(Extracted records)
BEGIN

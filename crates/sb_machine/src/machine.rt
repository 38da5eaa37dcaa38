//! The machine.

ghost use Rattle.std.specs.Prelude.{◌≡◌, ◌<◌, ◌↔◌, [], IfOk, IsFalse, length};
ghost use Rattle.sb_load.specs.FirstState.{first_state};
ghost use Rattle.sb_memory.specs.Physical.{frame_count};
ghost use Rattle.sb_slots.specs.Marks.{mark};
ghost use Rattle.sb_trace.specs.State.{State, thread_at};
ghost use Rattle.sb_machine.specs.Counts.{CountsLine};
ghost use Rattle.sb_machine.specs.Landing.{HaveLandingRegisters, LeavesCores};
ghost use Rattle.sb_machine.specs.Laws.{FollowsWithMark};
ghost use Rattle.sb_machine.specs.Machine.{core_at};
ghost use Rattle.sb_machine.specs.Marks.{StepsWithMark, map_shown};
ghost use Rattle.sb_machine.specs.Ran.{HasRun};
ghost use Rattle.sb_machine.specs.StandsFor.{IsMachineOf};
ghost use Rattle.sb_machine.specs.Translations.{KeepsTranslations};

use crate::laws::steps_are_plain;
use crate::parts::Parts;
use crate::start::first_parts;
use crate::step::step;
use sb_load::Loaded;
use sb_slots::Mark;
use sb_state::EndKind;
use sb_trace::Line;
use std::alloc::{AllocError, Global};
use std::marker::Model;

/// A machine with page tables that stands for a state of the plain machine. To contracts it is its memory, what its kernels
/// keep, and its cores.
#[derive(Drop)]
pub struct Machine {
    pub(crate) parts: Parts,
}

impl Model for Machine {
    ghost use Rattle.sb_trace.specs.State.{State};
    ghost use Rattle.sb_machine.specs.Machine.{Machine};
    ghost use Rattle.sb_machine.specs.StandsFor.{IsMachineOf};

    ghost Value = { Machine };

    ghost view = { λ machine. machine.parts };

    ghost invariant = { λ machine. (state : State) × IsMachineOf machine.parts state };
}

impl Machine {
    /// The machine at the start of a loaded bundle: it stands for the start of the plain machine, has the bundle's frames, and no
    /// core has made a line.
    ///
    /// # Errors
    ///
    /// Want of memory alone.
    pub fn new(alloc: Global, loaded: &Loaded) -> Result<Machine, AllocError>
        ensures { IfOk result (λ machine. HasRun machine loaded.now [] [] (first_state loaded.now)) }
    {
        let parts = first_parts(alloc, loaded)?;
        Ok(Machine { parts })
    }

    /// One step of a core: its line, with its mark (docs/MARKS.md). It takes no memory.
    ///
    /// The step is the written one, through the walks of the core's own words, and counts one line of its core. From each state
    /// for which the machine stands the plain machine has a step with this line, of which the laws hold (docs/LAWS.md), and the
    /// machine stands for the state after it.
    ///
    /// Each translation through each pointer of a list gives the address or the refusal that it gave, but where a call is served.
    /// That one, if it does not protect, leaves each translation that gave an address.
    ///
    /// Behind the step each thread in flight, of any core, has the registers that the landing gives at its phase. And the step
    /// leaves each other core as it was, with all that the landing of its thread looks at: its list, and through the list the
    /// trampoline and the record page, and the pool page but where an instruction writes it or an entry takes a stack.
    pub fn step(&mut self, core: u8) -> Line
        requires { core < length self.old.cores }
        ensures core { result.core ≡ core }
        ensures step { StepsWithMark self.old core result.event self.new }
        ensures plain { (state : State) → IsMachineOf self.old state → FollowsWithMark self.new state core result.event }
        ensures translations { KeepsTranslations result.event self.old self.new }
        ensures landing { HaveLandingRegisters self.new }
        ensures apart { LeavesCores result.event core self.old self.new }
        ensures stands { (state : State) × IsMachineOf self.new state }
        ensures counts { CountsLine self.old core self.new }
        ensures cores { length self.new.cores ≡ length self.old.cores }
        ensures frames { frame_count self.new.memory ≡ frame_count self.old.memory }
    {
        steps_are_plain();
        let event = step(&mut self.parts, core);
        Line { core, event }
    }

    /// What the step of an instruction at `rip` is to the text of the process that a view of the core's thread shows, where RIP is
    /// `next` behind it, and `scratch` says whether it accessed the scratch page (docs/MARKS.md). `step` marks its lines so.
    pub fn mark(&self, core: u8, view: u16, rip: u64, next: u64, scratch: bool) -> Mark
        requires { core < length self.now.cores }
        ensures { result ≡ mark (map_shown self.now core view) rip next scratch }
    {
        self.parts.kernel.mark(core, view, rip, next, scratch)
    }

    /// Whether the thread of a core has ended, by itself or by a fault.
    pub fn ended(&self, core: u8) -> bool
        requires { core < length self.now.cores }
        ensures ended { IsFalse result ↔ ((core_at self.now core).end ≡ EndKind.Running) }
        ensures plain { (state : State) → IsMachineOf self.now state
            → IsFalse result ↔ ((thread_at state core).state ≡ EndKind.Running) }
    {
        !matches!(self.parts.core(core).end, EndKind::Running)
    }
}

END

◆ Task instructions
The line with "result ↔ ((thread_at" and all lines after it through the end of the data above: write these out exactly and add nothing.

◆ Completed task
            → IsFalse result ↔ ((thread_at state core).state ≡ EndKind.Running) }
    {
        !matches!(self.parts.core(core).end, EndKind::Running)
    }
}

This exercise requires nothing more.